标题： 线性模型的概率解释 显示英文标题

标题： Probabilistic Explanations for Linear Models

摘要： 形式化XAI是一个新兴领域，专注于为机器学习模型做出的决策提供具有数学保证的解释。 这一领域的大量工作集中在计算“充分原因”上。 给定一个模型$M$和一个输入实例$\vec{x}$，决策$M(\vec{x})$的充分原因为特征集$S$，该特征集是$\vec{x}$的特征的子集，使得对于任何实例$\vec{z}$，其在$S$中的每个特征上的值与$\vec{x}$相同，均满足$M(\vec{x}) = M(\vec{z})$。 直观地，这表示$S$中的特征足以完全证明$\vec{x}$由$M$进行分类的合理性。 为了在实践中足够有用，它们应该尽可能小，一种自然的方法是考虑概率松弛；对于与$\vec{x}$在$S$中的特征一致的随机实例$\vec{z}$，$M(\vec{x}) = M(\vec{z})$的概率必须至少为某个值$\delta \in (0,1]$。 计算小$\delta$-充分原因 ($\delta$-SRs) 被认为是一个理论上的难题；即使在决策树上——传统上被认为简单且可解释的模型——强大的不可近似性结果使得高效计算小$\delta$-SRs 不太可能。我们提出了$(\delta, \epsilon)$-SR 的概念，这是$\delta$-SRs 的一种简单松弛，并证明这种解释可以在线性模型上高效计算。 显示英文摘要

摘要： Formal XAI is an emerging field that focuses on providing explanations with mathematical guarantees for the decisions made by machine learning models.

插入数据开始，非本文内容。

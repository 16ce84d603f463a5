// Its actions on numbers: columns of a lent store exchanged with the coordinates of a list, or among themselves. Column q of n
// numbers stands in the store from q * n on. "too few columns, or fewer than m for a roll, make every number NaN"
ghost use Rattle.std.specs.Prelude.{◌≡◌, ◌*◌, ◌≤◌, ◌<◌, ◌/◌, length};
ghost use Rattle.rules.specs.Operators.Acts.{pops_all, flips, rolls, swaps};
ghost use Rattle.rules.specs.Operators.Arguments.{places};
ghost use Rattle.rules.specs.Pipeline.Columns.{rolled, flipped};
ghost use Rattle.rules.specs.Pipeline.Tuples.{tuples, on_numbers};
ghost use Rattle.columns.specs.Stores.{columns_of, Stacked};
ghost use Rattle.columns.specs.Machine.{Acted};

use crate::acts::turns;
use columns::{exchange, flip_column, nan_all, reverse};
use numbers::size_of;
use pushpop::pop;

// Pop: the top column into each place, in their order, all or none.
pub fn pop_all(xs: &mut [f64], store: &[f64], depth: usize, args: &[i32])
    requires { depth * (length xs.old / 4) ≤ length store.now }
    ensures { Acted (pops_all (places args.now)) depth xs.old store.now xs.new store.now }
{
    if depth < args.len() {
        nan_all(xs);
        return;
    }
    pop(xs, store, depth, args);
}

// Each place exchanged with its column, the top one first; there are enough.
fn flip_columns(xs: &mut [f64], store: &mut [f64], depth: usize, args: &[i32])
    requires args_len_bound { length args.now ≤ depth }
    requires xs_in_bounds { depth * (length xs.old / 4) ≤ length store.old }
    ensures { (tuples xs.new ≡ (flipped on_numbers (places args.now) (tuples xs.old) (columns_of (length xs.old / 4) depth store.old)).tuples) × Stacked (length xs.old / 4) depth (flipped on_numbers (places args.now) (tuples xs.old) (columns_of (length xs.old / 4) depth store.old)).columns store.old store.new }
{
    let n = xs.len() / 4;
    for (j, x) in args.iter().enumerate() {
        let at = (depth - 1 - j) * n;
        flip_column(xs, &mut store[at..at + n], size_of(*x));
    }
}

// Flip: the same, or every number becomes NaN.
pub fn flip(xs: &mut [f64], store: &mut [f64], depth: usize, args: &[i32])
    requires { depth * (length xs.old / 4) ≤ length store.old }
    ensures { Acted (flips (places args.now)) depth xs.old store.old xs.new store.new }
{
    if depth < args.len() {
        nan_all(xs);
        return;
    }
    flip_columns(xs, store, depth, args);
}

// The top column goes under the top m, r times. So the first r go behind the others: each part turned round, and then the
// whole.
// Stays: the last of the three turns is what must-fail/roll_unturned.edit speaks of.
fn roll_columns(store: &mut [f64], n: usize, depth: usize, m: usize, r: usize)
    requires r_le_m { (r ≤ m) × ((m ≤ depth) × (depth ≤ 64)) }
    requires n_in_bounds { depth * n ≤ length store.old }
    ensures { Stacked n depth (rolled m r (columns_of n depth store.old)) store.old store.new }
{
    reverse(store, n, depth - r, depth);
    reverse(store, n, depth - m, depth - r);
    reverse(store, n, depth - m, depth);
}

// Roll: the same n times, or every number becomes NaN.
pub fn roll(xs: &mut [f64], store: &mut [f64], depth: usize, m: usize, n: usize)
    requires depth_bound { depth ≤ 64 }
    requires n_bound { n < 2 * m }
    requires xs_in_bounds { depth * (length xs.old / 4) ≤ length store.old }
    ensures { Acted (rolls m n) depth xs.old store.old xs.new store.new }
{
    if depth < m {
        nan_all(xs);
        return;
    }
    let tuples = xs.len() / 4;
    roll_columns(store, tuples, depth, m, turns(m, n));
}

// Swap: the two top columns exchanged, where there are two.
pub fn swap(xs: &[f64], store: &mut [f64], depth: usize)
    requires { depth * (length xs.now / 4) ≤ length store.old }
    ensures { Acted swaps depth xs.now store.old xs.now store.new }
{
    if depth < 2 {
        return;
    }
    let n = xs.len() / 4;
    exchange(store, (depth - 2) * n, (depth - 1) * n, n);
}
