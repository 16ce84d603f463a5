// The tests of its arguments: used where a step is prepared, and where a record is tested.
ghost use Rattle.std.specs.Prelude.{◌≡◌, ◌≤◌};
ghost use Rattle.rules.specs.Operators.Stack.{is_places, is_roll};
ghost use Rattle.rules.specs.Operators.Table.{operator_of, is_args};

use numbers::{Kind, are_of, is_minus, size_of};
use rules::{STACK_FLIP, STACK_POP, STACK_PUSH, STACK_ROLL, STACK_UNROLL};

// push, pop, flip: at least one place.
fn is_places(l: &[i32]) -> bool
    ensures { result ≡ is_places l.now }
{
    !l.is_empty() && are_of(Kind::Place, l)
}

// roll, unroll: m and n, m above the size of n.
fn is_roll(l: &[i32]) -> bool
    ensures { result ≡ is_roll l.now }
{
    match l {
        [m, n] => !is_minus(*m) && size_of(*n) < size_of(*m),
        _ => false,
    }
}

// The arguments of an action; swap and drop have none.
// Stays: the number of the operator stands in a record, which C fills.
pub fn is_args(operator: u8, l: &[i32]) -> bool
    requires { (2 ≤ operator) × (operator ≤ 8) }
    ensures { result ≡ is_args (operator_of operator) l.now }
{
    match operator {
        STACK_PUSH | STACK_POP | STACK_FLIP => is_places(l),
        STACK_ROLL | STACK_UNROLL => is_roll(l),
        _ => l.is_empty(),
    }
}
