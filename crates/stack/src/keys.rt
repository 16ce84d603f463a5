// Its keys: an action each. Those with arguments take a series, the two without a flag.
ghost use Rattle.std.specs.Prelude.{◌≡◌};
ghost use Rattle.rules.specs.Operators.Keys.{kind_in};
ghost use Rattle.rules.specs.Operators.Stack.{action_keys};

use rules::Kind;
use text::is_same;

// What a key takes, if it is one of them.
#[tactic(auto, unfolding(rules::specs::Operators::Keys::kind_in, rules::specs::Operators::Keys::flag, rules::specs::Operators::Keys::numbered, rules::specs::Operators::Stack::action_keys, rules::specs::Text::Ascii::ascii))]
pub fn kind_of(key: &[u8]) -> Option<Kind>
    ensures { result ≡ kind_in action_keys key.now }
{
    let is_series = is_same(key, b"push")
        || is_same(key, b"pop")
        || is_same(key, b"flip")
        || is_same(key, b"roll")
        || is_same(key, b"unroll");
    if is_series {
        return Some(Kind::Series);
    }
    let is_flag = is_same(key, b"swap") || is_same(key, b"drop");
    is_flag.then_some(Kind::Flag)
}
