// The operator `stack`: its seven actions; their keys, the tests of their arguments, what they do to a list of coordinates
// and to signed places, and their text.
#![tactic(auto)]

mod acts;
mod arguments;
mod coords;
mod keys;
mod places;
mod writing;

pub use acts::act_of;
pub use arguments::is_args;
pub use coords::{flip, pop_all, roll, swap};
pub use keys::kind_of;
pub use places::{flip_places, roll_places, swap_places};
pub use writing::write_words;
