// The quantities of a velocity that the writer takes.
ghost use Rattle.quantities.specs.Velocities.{TakesVelocity, VelocityQuantitiesOf};

use layout::Velocity;
use quantities::VelocityQuantities;

pub fn quantities_of(velocity: Velocity) -> VelocityQuantities
    requires { TakesVelocity velocity }
    ensures { VelocityQuantitiesOf velocity result }
{
    let kind = velocity.kind;
    let uncertainty = speeds::reported_uncertainty_speed(velocity.uncertainty);
    let vertical_uncertainty = speeds::reported_uncertainty_speed(velocity.vertical_uncertainty);
    VelocityQuantities {
        kind,
        bearing: field_reports::bearing(velocity.bearing),
        horizontal_speed: speeds::reported_horizontal_speed(velocity.horizontal_speed),
        vertical_speed: speeds::reported_vertical_speed(velocity.vertical_speed),
        uncertainty,
        vertical_uncertainty,
    }
}
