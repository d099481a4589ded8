// A record's reported quantities: document 01, "Quantities and codes".
#![tactic(auto)]

mod motion;
mod points;
mod shape;

ghost use Rattle.quantities.specs.Shapes.{ReportsShape};
ghost use Rattle.quantities.specs.Velocities.{ReportsVelocity};

use ground::Refusal;
use layout::{Shape, Velocity};
use quantities::{ShapeQuantities, VelocityQuantities};

// The quantities of a shape's record, or the refusal of the writer.
pub fn report_shape(shape: Shape) -> Result<ShapeQuantities, Refusal>
    ensures { ReportsShape shape result }
{
    writing::shape_outcome(shape)?;
    Ok(shape::quantities_of(shape))
}

// The quantities of a velocity's record, or the refusal of the writer.
pub fn report_velocity(velocity: Velocity) -> Result<VelocityQuantities, Refusal>
    ensures { ReportsVelocity velocity result }
{
    velocities::velocity_outcome(velocity)?;
    Ok(motion::quantities_of(velocity))
}
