// The coordinates of a polygon's points.
ghost use Rattle.std.specs.Prelude.{◌≤◌, ◌<◌, ℕ, get_or};
ghost use Rattle.field_reports.specs.Points.{Filled, LatitudesReported, LongitudesReported};
ghost use Rattle.reports.specs.Points.{LatitudesHeld, LongitudesHeld};

use ground::{LatitudeCode, LongitudeCode, Nanodegrees};

// The latitudes of the first n, and zeros.
pub fn latitudes(codes: [LatitudeCode; 15], n: u8) -> [Nanodegrees; 15]
    requires n_bound { n ≤ 15 }
    requires latitudes_held { LatitudesHeld codes n }
    ensures { LatitudesReported codes n result }
{
    reported(codes, n, field_reports::latitude)
}

// The longitudes of the first n, and zeros.
pub fn longitudes(codes: [LongitudeCode; 15], n: u8) -> [Nanodegrees; 15]
    requires n_bound { n ≤ 15 }
    requires longitudes_held { LongitudesHeld codes n }
    ensures { LongitudesReported codes n result }
{
    reported(codes, n, field_reports::longitude)
}

// What is reported of the first n, and zeros.
fn reported<C: Copy, F: Fn(C) -> Nanodegrees>(codes: [C; 15], n: u8, report: F) -> [Nanodegrees; 15]
    requires n_bound { n ≤ 15 }
    requires callable { (i : ℕ) (none : C) → i < n → F.pre report (get_or codes i none) }
    ensures { (none : C) → Filled (λ i x. F.post report (get_or codes i none) x) n result }
{
    let mut reported = [Nanodegrees(0); 15];
    for i in 0..n as usize {
        reported[i] = report(codes[i]);
    }
    reported
}
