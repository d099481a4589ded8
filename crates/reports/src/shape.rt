// The quantities of a shape that the writer takes.
ghost use Rattle.quantities.specs.Shapes.{TakesShape, QuantitiesOf};

use crate::points;
use layout::Shape;
use quantities::ShapeQuantities;

pub fn quantities_of(shape: Shape) -> ShapeQuantities
    requires { TakesShape shape }
    ensures { QuantitiesOf shape result }
{
    let latitudes = shape.latitudes;
    let longitudes = shape.longitudes;
    let reported_latitudes = points::latitudes(latitudes, shape.count);
    let reported_longitudes = points::longitudes(longitudes, shape.count);
    let mut quantities = field_reports::outline(shape);
    quantities.latitudes = reported_latitudes;
    quantities.longitudes = reported_longitudes;
    quantities
}
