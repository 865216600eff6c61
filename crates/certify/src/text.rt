// Writes the line of `certify` into a lent slice of bytes, from its beginning.
ghost use Rattle.octets.specs.Wrote.{Wrote, HasRoom};
ghost use Rattle.certify.specs.text.CertifyLine.{last_text, pair_text, nearer_text, kind_text};

use octets::put;
use printing::parts::{entry, labelled};

// A number, and the line's end.
fn last(out: &mut [u8], at: usize, n: u32) -> usize
    requires { HasRoom out.old at (last_text n) }
    ensures { Wrote out.old out.new at result (last_text n) }
{
    let end = entry(out, at, n);
    put(out, end, b"\n")
}

// A label and two numbers.
fn pair(out: &mut [u8], label: &[u8], m: u32, n: u32) -> usize
    requires { HasRoom out.old 0 (pair_text label.now m n) }
    ensures { Wrote out.old out.new 0 result (pair_text label.now m n) }
{
    let end = labelled(out, 0, label, m);
    last(out, end, n)
}

// Three numbers after `nearer`.
fn nearer(out: &mut [u8], site: u32, vertex: u32, other: u32) -> usize
    requires { HasRoom out.old 0 (nearer_text site vertex other) }
    ensures { Wrote out.old out.new 0 result (nearer_text site vertex other) }
{
    let a = labelled(out, 0, b"nearer", site);
    let b = entry(out, a, vertex);
    last(out, b, other)
}

// The line of a certificate's kind, with the numbers that it names.
pub fn kind_line(out: &mut [u8], kind: u32, site: u32, vertex: u32, other: u32) -> usize
    requires { HasRoom out.old 0 (kind_text kind site vertex other) }
    ensures { Wrote out.old out.new 0 result (kind_text kind site vertex other) }
{
    if kind == 0 {
        return put(out, 0, b"certified\n");
    }
    if kind == 1 {
        return pair(out, b"outside", site, vertex);
    }
    if kind == 2 {
        return pair(out, b"side", site, vertex);
    }
    if kind == 3 {
        return put(out, 0, b"border\n");
    }
    if kind == 4 {
        return nearer(out, site, vertex, other);
    }
    pair(out, b"twin", site, other)
}
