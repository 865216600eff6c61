// Reads a mesh's form on standard input, makes its pieces by cutting and prints one line: `certified`, the first fault by its numbers, or `refused N`.
#![tactic(auto)]

pub mod text;

ghost use Rattle.std.specs.Prelude.{◌≡◌, ◌≤◌, length, take};
ghost use Rattle.base.specs.refusal.Number.{answer_number};
ghost use Rattle.plane.specs.given.Finite.{Fits};
ghost use Rattle.mesh.specs.Accepted.{mesh};
ghost use Rattle.cutting_calls.specs.call.Steps.{InOrder};
ghost use Rattle.form.specs.Limits.{most_coordinates};
ghost use Rattle.printing.specs.Printed.{ShownIn};
ghost use Rattle.certify.specs.Printed.{PiecesTold, CertifyTold, CertifyPrints};
ghost use Rattle.certify.specs.text.CertifyLine.{certify_text};

use base::refusal::Refusal;
use form::{COORDINATES, HULL, LINKS};
use plane::given::Given;
use std::io;

// The slices of a cutting and of its certificate, as long as every form needs them.
const CUT_VERTICES: usize = 2 * (7 * form::TRIANGLES + 2 * form::HULL + 4);

const CUT_INDEXES: usize = 16 * form::TRIANGLES + 11 * form::HULL;

// Three words to an entry, two to a site, and 64.
const CERTIFY_WORK: usize = 3 * CUT_INDEXES + 2 * form::SITES + 64;
// The tolerance is 2^-32 of the box's reach.
const CERTIFY_BITS: u32 = 32;

// The line of a cutting and of the certificate of what it made.
fn line(
    out: &mut [u8],
    cut: u32,
    number: u32,
    kind: u32,
    site: u32,
    vertex: u32,
    other: u32,
) -> usize
    requires { 65536 ≤ length out.old }
    ensures { ShownIn (certify_text cut number kind site vertex other) out.new (length out.old) result }
{
    if cut != 0 {
        return printing::parts::refusal(out, cut);
    }
    if number != 0 {
        return printing::parts::refusal(out, number);
    }
    crate::text::kind_line(out, kind, site, vertex, other)
}

// The certificate of pieces in these slices.
fn of_pieces(
    out: &mut [u8],
    given: Given,
    cut: u32,
    sites: &[f64],
    vertices: &[f64],
    offsets: &[u32],
    indexes: &[u32],
) -> usize
    requires { Fits given × (65536 ≤ length out.old) }
    ensures { PiecesTold given cut sites.now vertices.now offsets.now indexes.now
        (take result out.new) × (result ≤ length out.old) }
{
    let mut work = [0u32; CERTIFY_WORK];
    let c = certifying::call::certify(
        given,
        sites,
        vertices,
        offsets,
        indexes,
        CERTIFY_BITS,
        &mut work,
    );
    line(out, cut, c.number, c.kind, c.site, c.vertex, c.other)
}

// The number of a cutting.
fn cut_number(done: Result<u32, Refusal>) -> u32
    ensures { result ≡ answer_number done }
{
    match done {
        Ok(_) => 0,
        Err(refusal) => refusal.into(),
    }
}

// Of a mesh in a box.
fn of_mesh(
    out: &mut [u8],
    given: Given,
    sites: &[f64],
    triangles: &[u32],
    halfedges: &[u32],
    hull: &[u32],
) -> usize
    requires { (length sites.now ≤ most_coordinates) × Fits given × InOrder given × (65536 ≤ length out.old) }
    ensures { CertifyTold (mesh sites.now triangles.now halfedges.now hull.now) given
        (take result out.new) × (result ≤ length out.old) }
{
    let mut work = [0u32; form::SITES];
    let mut vertices = [0.0f64; CUT_VERTICES];
    let mut indexes = [0u32; CUT_INDEXES];
    let mut offsets = [0u32; printing::OFFSETS];
    let done = cutting_calls::call::cut(
        given,
        sites,
        triangles,
        halfedges,
        hull,
        &mut work,
        &mut vertices,
        &mut indexes,
        &mut offsets,
    );
    let n = sites.len() / 2;
    of_pieces(
        out,
        given,
        cut_number(done),
        sites,
        &vertices,
        &offsets[..n + 1],
        &indexes,
    )
}

// What is printed for a form's bytes.
fn answer(bytes: &[u8], out: &mut [u8]) -> usize
    requires { 65536 ≤ length out.old }
    ensures { CertifyPrints bytes.now (take result out.new) × (result ≤ length out.old) }
{
    let mut sites = [0.0f64; COORDINATES];
    let mut triangles = [0u32; LINKS];
    let mut halfedges = [0u32; LINKS];
    let mut hull = [0u32; HULL];
    match form::mesh::read(
        false,
        bytes,
        &mut sites,
        &mut triangles,
        &mut halfedges,
        &mut hull,
    ) {
        Ok(mesh) => of_mesh(
            out,
            mesh.given,
            &sites[..mesh.coordinates],
            &triangles[..mesh.links],
            &halfedges[..mesh.links],
            &hull[..mesh.hull],
        ),
        Err(broken) => printing::parts::refusal(out, form::step::number_of(Err(broken))),
    }
}

fn main(rt: HostRuntime) -> io::Result<()> {
    let mut bytes = [0u8; form::BYTES];
    let mut out = [0u8; 65536];
    let n = host::read_full(&mut rt.stdin(), &mut bytes);
    let m = answer(&bytes[..n], &mut out);
    rt.write_all(&out[..m])
}
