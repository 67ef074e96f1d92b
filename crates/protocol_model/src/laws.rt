// Laws of the definitions, each the contract of a function that does nothing.
ghost use Rattle.std.specs.Prelude.{◌≡◌, ◌+◌, ◌*◌, ◌∷◌, [], ℕ, ℤ, Bool, true, false, Some};
ghost use Rattle.protocol_model.specs.Cond.{visible, updatable};
ghost use Rattle.protocol_model.specs.Value.{Table};
ghost use Rattle.protocol_model.specs.World.{owner_of, lives, value_of, spawn_of, spawn_count, Edits, Edit, Spawned};

use crate::Cond;

/// In an empty world nothing lives, and nobody owns anything.
pub fn empty_world()
    ensures alive { (actor : ℕ) → lives [] actor ≡ false }
    ensures owner { (actor : ℕ) → owner_of [] actor ≡ 0 }
{}

/// The n-th spawn has guid 2n.
pub fn spawn_has_next_guid()
    ensures { (edits : Edits) (class : ℕ) (x y : ℤ)
        → spawn_of (Edit.Spawn class x y ∷ edits) (2 * (spawn_count edits + 1))
        ≡ Some (record { class = class; x = x; y = y }) }
{}

/// A cell has the value that was set last.
pub fn last_set_counts()
    ensures { (table : Table) (edits : Edits) (actor handle : ℕ) (value : ℤ)
        → value_of table (Edit.Set actor handle value ∷ edits) actor handle ≡ value }
{}

/// By the table of conditions a property that is its owner's alone goes to nobody else, neither with
/// an open nor with an update.
pub fn owner_only_goes_to_the_owner()
    ensures open { (on : Bool) → visible Cond.OwnerOnly false on ≡ false }
    ensures update { (on : Bool) → updatable Cond.OwnerOnly false on ≡ false }
{}
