// The limits of the protocol as code has them, each tied by a contract to its definition in
// `specs/Limits.antt`.
ghost use Rattle.std.specs.Prelude.{◌≡◌};
ghost use Rattle.protocol_model.specs.Limits.{packet_bytes, packet_modulus, channels_one, channels_two, sequence_modulus, bunch_bits_limit, head_words, unresolved_limit, owed_limit, span_limit, span_sum_limit, held_limit, waiting_limit, late_distance, part_bits, part_limit, payload_bits, update_bits, spawn_limit, copy_limit, name_limit, player_limit, team_limit, connection_limit, budget_limit, class_limit, handle_limit, call_limit, depth_limit, segment_limit, name_bytes, argument_limit, unreliable_call_bits, reliable_call_bits, cull_limit, priority_limit, table_bytes, script_bytes, line_bytes};

/// Most bytes of a packet.
pub const PACKET_BYTES: usize = 1024;

/// Packet numbers are told modulo this.
pub const PACKET_MODULUS: u32 = 16_384;

/// Channel indexes of version one are below this.
pub const CHANNELS_ONE: u32 = 10_240;

/// Channel indexes of version two are below this.
pub const CHANNELS_TWO: u32 = 32_768;

/// Bunch numbers of a channel are told modulo this.
pub const SEQUENCE_MODULUS: u32 = 1024;

/// A bunch has fewer bits of payload than this.
pub const BUNCH_BITS_LIMIT: u32 = 8192;

/// Most words of 32 packets in a head of version two.
pub const HEAD_WORDS: usize = 8;

/// Most packets sent of which nothing is known.
pub const UNRESOLVED_LIMIT: u64 = 4096;

/// Most acknowledgements that an end owes.
pub const OWED_LIMIT: usize = 512;

/// Most bunch numbers of a channel from the least that hasn't arrived.
pub const SPAN_LIMIT: usize = 256;

/// Most such numbers of all channels of a connection.
pub const SPAN_SUM_LIMIT: usize = 512;

/// Most bunches that an end holds behind gaps.
pub const HELD_LIMIT: usize = 512;

/// Most unreliable calls that wait for a tick.
pub const WAITING_LIMIT: usize = 256;

/// A packet that is further below the newest taken is late.
pub const LATE_DISTANCE: u64 = 8192;

/// Bits of each part of a payload but the last.
pub const PART_BITS: usize = 7000;

/// Most parts of a payload.
pub const PART_LIMIT: usize = 10;

/// Most bits of a payload.
pub const PAYLOAD_BITS: usize = 70_000;

/// Most bits of an update.
pub const UPDATE_BITS: usize = 6000;

/// Most spawns of a world.
pub const SPAWN_LIMIT: usize = 8192;

/// Most copies of a client.
pub const COPY_LIMIT: usize = 8192;

/// Most names that a client learns.
pub const NAME_LIMIT: usize = 65_536;

/// Players have numbers from 1 to this.
pub const PLAYER_LIMIT: u16 = 1000;

/// Teams have numbers from 1 to this.
pub const TEAM_LIMIT: u8 = 64;

/// Most connections of a server.
pub const CONNECTION_LIMIT: usize = 64;

/// Most bits that a tick may be given.
pub const BUDGET_LIMIT: u32 = 1_000_000;

/// Most classes of a table.
pub const CLASS_LIMIT: usize = 256;

/// Most handles of a class, with those of x, y and the role.
pub const HANDLE_LIMIT: usize = 200;

/// Most calls of a class.
pub const CALL_LIMIT: usize = 64;

/// Most segments of a class's path.
pub const DEPTH_LIMIT: usize = 8;

/// Most segments of a table's paths.
pub const SEGMENT_LIMIT: usize = 1024;

/// Most bytes of a name.
pub const NAME_BYTES: usize = 31;

/// Most arguments of a call.
pub const ARGUMENT_LIMIT: usize = 16;

/// Most bits of the arguments of an unreliable call.
pub const UNRELIABLE_CALL_BITS: u32 = 6900;

/// Most bits of the arguments of a reliable call.
pub const RELIABLE_CALL_BITS: u32 = 60_000;

/// Greatest cull distance.
pub const CULL_LIMIT: u32 = 50_000;

/// Greatest priority.
pub const PRIORITY_LIMIT: u8 = 255;

/// Most bytes of a class table's file.
pub const TABLE_BYTES: usize = 1_000_000;

/// Most bytes of a script's file.
pub const SCRIPT_BYTES: usize = 67_108_864;

/// Most bytes of a script's line.
pub const LINE_BYTES: usize = 16_384;

/// The constants of packets are the limits of the definitions.
pub fn limits_of_packets()
    ensures packet_bytes { PACKET_BYTES ≡ packet_bytes }
    ensures packet_modulus { PACKET_MODULUS ≡ packet_modulus }
    ensures channels_one { CHANNELS_ONE ≡ channels_one }
    ensures channels_two { CHANNELS_TWO ≡ channels_two }
    ensures sequence_modulus { SEQUENCE_MODULUS ≡ sequence_modulus }
    ensures bunch_bits_limit { BUNCH_BITS_LIMIT ≡ bunch_bits_limit }
    ensures head_words { HEAD_WORDS ≡ head_words }
{}

/// So are those of a connection.
pub fn limits_of_connections()
    ensures unresolved_limit { UNRESOLVED_LIMIT ≡ unresolved_limit }
    ensures owed_limit { OWED_LIMIT ≡ owed_limit }
    ensures span_limit { SPAN_LIMIT ≡ span_limit }
    ensures span_sum_limit { SPAN_SUM_LIMIT ≡ span_sum_limit }
    ensures held_limit { HELD_LIMIT ≡ held_limit }
    ensures waiting_limit { WAITING_LIMIT ≡ waiting_limit }
    ensures late_distance { LATE_DISTANCE ≡ late_distance }
{}

/// So are those of payloads.
pub fn limits_of_payloads()
    ensures part_bits { PART_BITS ≡ part_bits }
    ensures part_limit { PART_LIMIT ≡ part_limit }
    ensures payload_bits { PAYLOAD_BITS ≡ payload_bits }
    ensures update_bits { UPDATE_BITS ≡ update_bits }
{}

/// So are those of worlds, copies and players.
pub fn limits_of_worlds()
    ensures spawn_limit { SPAWN_LIMIT ≡ spawn_limit }
    ensures copy_limit { COPY_LIMIT ≡ copy_limit }
    ensures name_limit { NAME_LIMIT ≡ name_limit }
    ensures player_limit { PLAYER_LIMIT ≡ player_limit }
    ensures team_limit { TEAM_LIMIT ≡ team_limit }
    ensures connection_limit { CONNECTION_LIMIT ≡ connection_limit }
    ensures budget_limit { BUDGET_LIMIT ≡ budget_limit }
{}

/// So are those of class tables.
pub fn limits_of_tables()
    ensures class_limit { CLASS_LIMIT ≡ class_limit }
    ensures handle_limit { HANDLE_LIMIT ≡ handle_limit }
    ensures call_limit { CALL_LIMIT ≡ call_limit }
    ensures depth_limit { DEPTH_LIMIT ≡ depth_limit }
    ensures segment_limit { SEGMENT_LIMIT ≡ segment_limit }
    ensures name_bytes { NAME_BYTES ≡ name_bytes }
    ensures argument_limit { ARGUMENT_LIMIT ≡ argument_limit }
    ensures unreliable_call_bits { UNRELIABLE_CALL_BITS ≡ unreliable_call_bits }
    ensures reliable_call_bits { RELIABLE_CALL_BITS ≡ reliable_call_bits }
    ensures cull_limit { CULL_LIMIT ≡ cull_limit }
    ensures priority_limit { PRIORITY_LIMIT ≡ priority_limit }
{}

/// So are those of files.
pub fn limits_of_files()
    ensures table_bytes { TABLE_BYTES ≡ table_bytes }
    ensures script_bytes { SCRIPT_BYTES ≡ script_bytes }
    ensures line_bytes { LINE_BYTES ≡ line_bytes }
{}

A significant amount of work in this area is centered on the computation of "sufficient reasons". Given a model $M$ and an input instance $\vec{x}$, a sufficient reason for the decision $M(\vec{x})$ is a subset $S$ of the features of $\vec{x}$ such that for any instance $\vec{z}$ that has the same values as $\vec{x}$ for every feature in $S$, it holds that $M(\vec{x}) = M(\vec{z})$. Intuitively, this means that the features in $S$ are sufficient to fully justify the classification of $\vec{x}$ by $M$. For sufficient reasons to be useful in practice, they should be as small as possible, and a natural way to reduce the size of sufficient reasons is to consider a probabilistic relaxation; the probability of $M(\vec{x}) = M(\vec{z})$ must be at least some value $\delta \in (0,1]$, for a random instance $\vec{z}$ that coincides with $\vec{x}$ on the features in $S$. Computing small $\delta$-sufficient reasons ($\delta$-SRs) is known to be a theoretically hard problem; even over decision trees--traditionally deemed simple and interpretable models--strong inapproximability results make the efficient computation of small $\delta$-SRs unlikely. We propose the notion of $(\delta, \epsilon)$-SR, a simple relaxation of $\delta$-SRs, and show that this kind of explanation can be computed efficiently over linear models.